Costa, da Omnia, reconhece o desafio de encontrar pessoas qualificadas:
" A disponibilidade de mão de obra hoje no Brasil é um problema, e claro que na região não seria diferente. Ainda assim a Omnia tem conseguido atingir resultados muito bons. Na primeira fase (da construção do data center em Caucaia), que é a fase civil, conseguimos contratar 72% da mão de obra local cearense, que foi uma surpresa inclusive para nós.
Segundo ele, a empresa tem investido na qualificação da mão de obra local por meio de parcerias:
" Começamos com as nossas turmas de qualificação em parceria com a Prefeitura de Caucaia e com o sistema S, sistema Senai.
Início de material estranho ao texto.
// The change, unless the numbers of the level's cost do not fit.
fn fitting_cost(
    table: &Table,
    line: u32,
    unit: i64,
    change: Change,
    stop: TableStop,
) -> Result<Change, TableStop>
    requires joins { CanJoin (lists_of table.now) line }
    requires rise { (times : ℤ) × IsRiseAt (lists_of table.now) line (record { unit = unit; times = times }) }
    requires at { change.at ≡ home_at (lists_of table.now) line }
    requires row { IsJoinedRow (lists_of table.now) line unit change.row }
    requires row_kept { IsKeptRow change.row }
    requires cost { IsCostAt (with_next (lists_of table.now) (home_at (lists_of table.now) line))
        (marks_at (lists_of table.now)) (home_at (lists_of table.now) line) change.value }
    requires value_kept { fractions.IsKept change.value }
    ensures ok { IfOk result (IsJoinedCost (lists_of table.now) line unit) }
    ensures err { IfErr result (IsCostStop (lists_of table.now) line stop) }
{
    let pair = Pair {
        enter: line,
        side: side_in(table, line),
        leave: line,
    };
    let draft = Draft {
        level: change.at,
        unit,
        pair,
        rows: priority_at(table, change.at).rows + 1,
    };
    if does_level_fit(table, draft, &change.row) {
        Ok(change)
    } else {
        Err(stop)
    }
}

// The change of the line's level where the line has joined it.
fn joined_cost(table: &Table, line: u32, rise: Rise, stop: TableStop) -> Result<Change, TableStop>
    requires joins { CanJoin (lists_of table.now) line }
    requires rise { IsRiseAt (lists_of table.now) line rise }
    ensures ok { IfOk result (IsJoinedCost (lists_of table.now) line rise.unit) }
    ensures err { IfErr result (IsCostStop (lists_of table.now) line stop) }
{
    let slot = slot_at(table, line);
    let side = side_in(table, line);
    let count = counted(slot, side, rise.unit, stop)?;
    let row = joined_row(table, line, rise, count * sign(side), stop)?;
    let value = joined_value(table, line, rise.unit, count, stop)?;
    let at = slot.home;
    fitting_cost(table, line, rise.unit, Change { at, row, value }, stop)
}

// How the unit of the line's level rises, unless it doesn't fit then.
fn rise_at(table: &Table, line: u32, stop: TableStop) -> Result<Rise, TableStop>
    requires joins { CanJoin (lists_of table.now) line }
    ensures ok { IfOk result (IsRiseAt (lists_of table.now) line) }
    ensures err { IfErr result (IsCostStop (lists_of table.now) line stop) }
{
    let slot = slot_at(table, line);
    match risen(priority_at(table, slot.home).unit, slot) {
        Some(rise) => Ok(rise),
        None => Err(stop),
    }
}

// Puts a level's row, cost and unit with one row more.
fn put_cost(table: &mut Table, change: Change, unit: i64) -> Result<(), OutOfMemory>
    requires slots { AreSlots (lists_of table.old) }
    requires level { change.at < LEVELS }
    requires few { (level_at (lists_of table.old) change.at).rows < ROW_LIMIT }
    requires below { IsBelow (length table.old.slots.items) change.row }
    ensures ok { OnOk result (lists_of table.new
        ≡ with_cost (lists_of table.old) change.at change.row change.value unit) }
    ensures before { lists_before table.new ≡ lists_before table.old }
    ensures alike { AreAlike table.old → AreAlike table.new }
{
    let at = change.at;
    let rows = priority_at(table, at).rows + 1;
    put_change(table, change)?;
    table.priorities.put(at as usize, Priority { unit, rows })
}

/// Whether the inside mark of a line costs.
pub fn costs_at(table: &Table, line: u32) -> bool
    requires slots { AreSlots (lists_of table.now) }
    requires within { line < length table.now.slots.items }
    ensures { result ≡ false → IsFreeLine (lists_of table.now) line }
{
    costs(slot_at(table, line).rel, side_in(table, line))
}

/// Adds a line to the cost of its level, and says whether it costs.
pub(crate) fn join_cost(table: &mut Table, line: u32) -> Result<bool, TableStop>
    requires joins { CanJoin (lists_of table.old) line }
    ensures joined { IfOk result (λ _. IsCostJoined (lists_of table.old) line (lists_of table.new)) }
    ensures costs { IfOk result (λ costs. costs ≡ false → IsFreeLine (lists_of table.new) line) }
    ensures before { lists_before table.new ≡ lists_before table.old }
    ensures alike { AreAlike table.old → AreAlike table.new }
    ensures stop { IfErr result (IsJoinStop (lists_of table.old) line) }
    ensures same { IfErr result (AreAsBefore (lists_of table.old) (lists_of table.new)) }
{
    let slot = slot_at(table, line);
    let stop = rows_stop(slot, priority_at(table, slot.home).rows + 1);
    let rise = rise_at(table, line, stop)?;
    let change = joined_cost(table, line, rise, stop)?;
    put_cost(table, change, rise.unit)?;
    Ok(costs_at(table, line))
}

// The stop of a sum of a row's terms, where this row and those after it are still to join.
fn added_stop(table: &Table, rest: &[Row], stop: TableStop) -> RunStop
    requires slots { IsRefused stop → AreSlots (lists_of table.now) }
    ensures { IsPathStop (lists_of table.now) rest.now stop result }
{
    match stop {
        Stop::Refused(_) => path_stop(table, rest, stop),
        Stop::OutOfMemory => RunStop::OutOfMemory,
    }
}

// Adds all rows as such.
fn push_rows(table: &mut Table, rows: &[Row]) -> Result<(), RunStop>
    requires kept { IsPartlyKept (lists_of table.old) }
    requires left { HasSlotsLeft (lists_of table.old) }
    requires whole { IsWhole (with_rows rows.now (problem_of (lists_of table.old))) }
    requires values { NoNegativeValue (problem_of (lists_of table.old)) (marks_at (lists_of table.old)) }
    ensures past { HasSameHistory table.old table.new }
    ensures lists { OnOk result (ArePushed rows.now (lists_of table.old) (lists_of table.new)) }
    ensures begins { OnOk result (BeginsWith (problem_of (lists_of table.new)) (marks_at (lists_of table.old))
        rows.now [] (marks_at (lists_of table.new))) }
    ensures kept { OnOk result (IsPartlyKept (lists_of table.new)) }
    ensures left { OnOk result (HasSlotsLeft (lists_of table.new)) }
    ensures values { OnOk result (NoNegativeValue (problem_of (lists_of table.new))
        (marks_at (lists_of table.new))) }
    ensures fits { OnOk result (DoRowsFit (lists_of table.old) rows.now (length rows.now)) }
    ensures stop { IfErr result (IsAddStop (seen_of (lists_of table.old)) rows.now) }
{
    for i in 0..rows.len() {
        if let Err(stop) = push_row(table, &rows[i]) {
            return Err(added_stop(table, &rows[i..], stop));
        }
    }
    Ok(())
}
Nós já qualificamos mais de cem cidadãos da cidade de Caucaia. Estamos agora com mais 350 vagas em aberto nesse processo e queremos atingir mais de 1.500 pessoas qualificadas.
De acordo com o ministro Siqueira Filho, o Plano Nacional de Inclusão Digital inclui iniciativas de capacitação para a camada de menor renda da população. Em paralelo, há conversas com o Ministério da Educação e com as universidades, para que cursos profissionalizantes sejam oferecidos na área de data centers e tecnologia da informação.
O projeto Transição Energética é uma iniciativa do GLOBO e do Valor Econômico, com patrocínio da Vale.